Jul 26 13:12:31 sd-107191 kernel: [1416958.318482] audit: type=1400 audit(1532603551.596:1310): apparmor="STATUS" operation="profile_load" label="lxd-lab-u16_</var/snap/lxd/common/lxd>//&:lxd-lab-u16_<var-snap-lxd-common-lxd>://unconfined" name="/usr/lib/connman/scripts/dhclient-script" pid=30796 comm="apparmor_parser"

Let me know if I can add more informations.

stgraber commented 6 years ago

The in and out of promiscuous mode is a bit odd unless you were actively running a bunch of tcpdump or using other network monitoring software that would similarly need promiscuous access to the interfaces.

The rest looks about as expected assuming containers were actively started and stopped. It shows new veth devices being created, them joining the bridge, coming up and the container side of them getting renamed to eth0, followed by the container's apparmor profiles getting loaded and some of the apparmor rules getting hit during container startup.

Nani-o commented 6 years ago

I don’t think of anything running on my server that could have the need of promiscuous mode on an interface.

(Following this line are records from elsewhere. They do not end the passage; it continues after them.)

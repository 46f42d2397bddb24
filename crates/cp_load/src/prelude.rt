ghost use Rattle.cp_load.specs.Loading.{IsPrelude};

use cp_module::{Loaded, module_of};
use std::alloc::Global;

/// The text of the prelude, which is one like that of a file.
const TEXT: &[u8] =
    b":- module(prelude, [append/3, member/2, length/2, between/3, once/1]).\nappend([], L, L).\nappend([H|T], L, [H|R]) :- append(T, L, R).\nmember(X, [X|_]).\nmember(X, [_|T]) :- member(X, T).\nlength(L, N) :- len(L, 0, N).\nlen([], N, N).\nlen([_|T], A, N) :- B is A + 1, len(T, B, N).\nbetween(L, H, L) :- L =< H.\nbetween(L, H, X) :- L < H, M is L + 1, between(M, H, X).\n:- meta_predicate once(goal).\nonce(G) :- call(G), !.\n";

/// The prelude, which is not refused.
pub(crate) fn prelude(alloc: Global) -> Loaded
    ensures { IsPrelude result }
{
    module_of(alloc, b"prelude.pl", TEXT)
}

My kern.log is filled from Jul 24 17:50:18 to Jul 26 13:11:59 with in/out promiscuous mode messages. I have seen a lot of disturbance and problems accessing my services from the 25th of July. At that moment I have just restarted what I thought was failed containers and since what I wanted, worked, do not bothered to dig this further. This only yesterday when I saw similar problems that I began to search what could cause this.

The only thing I remember doing on my server these past days, was testing the networks endpoint of LXD API with an ansible module.

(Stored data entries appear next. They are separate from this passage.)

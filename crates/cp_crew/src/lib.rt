//! A crew: the worker engines of a run, each on a thread of its own, in rounds until all stand parked.
#![tactic(auto)]

mod crew;
mod lend;
mod parked;
mod rounds;
mod run;
mod staff;

pub use crew::{CallerList, Crew, Shells};
pub use run::run_crew;
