ghost use Rattle.std.specs.Prelude.{◌≡◌, ◌++◌, ◌∷◌, [], MatchResult};
ghost use Rattle.cp_heap.specs.State.{State};
ghost use Rattle.cp_arith.specs.declared.now.Now.TheVariants.{Behind};
ghost use Rattle.cp_arith.specs.Frames.{meaning, AreLive, Advances, StopsAt, or_stop};

use crate::frame::{Frame, Frames};
use crate::now::Now;
use crate::stop::Stop;
use cp_goal::{Fault, Why};

fn behind(value: Result<i64, Fault>) -> Result<Now, Stop>
    ensures { result ≡ or_stop value }
{
    match value {
        Ok(value) => Ok(Now::Behind(value)),
        Err(fault) => Err(Stop::NoValue(Why::Faulty(fault))),
    }
}

/// Does with a value what the frame says that was on top.
pub fn leave(frame: Frame, value: i64, frames: &mut Frames) -> Result<Now, Stop>
    ensures { (h : State) → AreLive h (frames.old ++ frame ∷ []) → MatchResult result (λ next. Advances h (frames.old ++ frame ∷ []) (Behind value) frames.new next) (λ stop. StopsAt stop (meaning h (frames.old ++ frame ∷ []) (Behind value))) }
{
    match frame {
        Frame::Only(op) => behind(op.value(value)),
        Frame::First(op, second) => {
            frames.push(Frame::Second(op, value))?;
            Ok(Now::At(second))
        }
        Frame::Second(op, first) => behind(op.value(first, value)),
    }
}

stgraber commented 6 years ago

in/out of promisc mode is weird and not something that you should be seeing during normal operation, that is, unless you're running some network monitoring software, intrusion detection system or manual tcpdump/tshark/wireshark sessions that all depend on interface being (if only temporarily) in promisc mode

BartVB commented 5 years ago

Does going In/out of promiscuous mode coincide with starting/stopping containers?

I had similar problems (with LXC, no LXD), this was caused by another container using the same IP address. Also make sure that you are using unique MAC addresses per interface.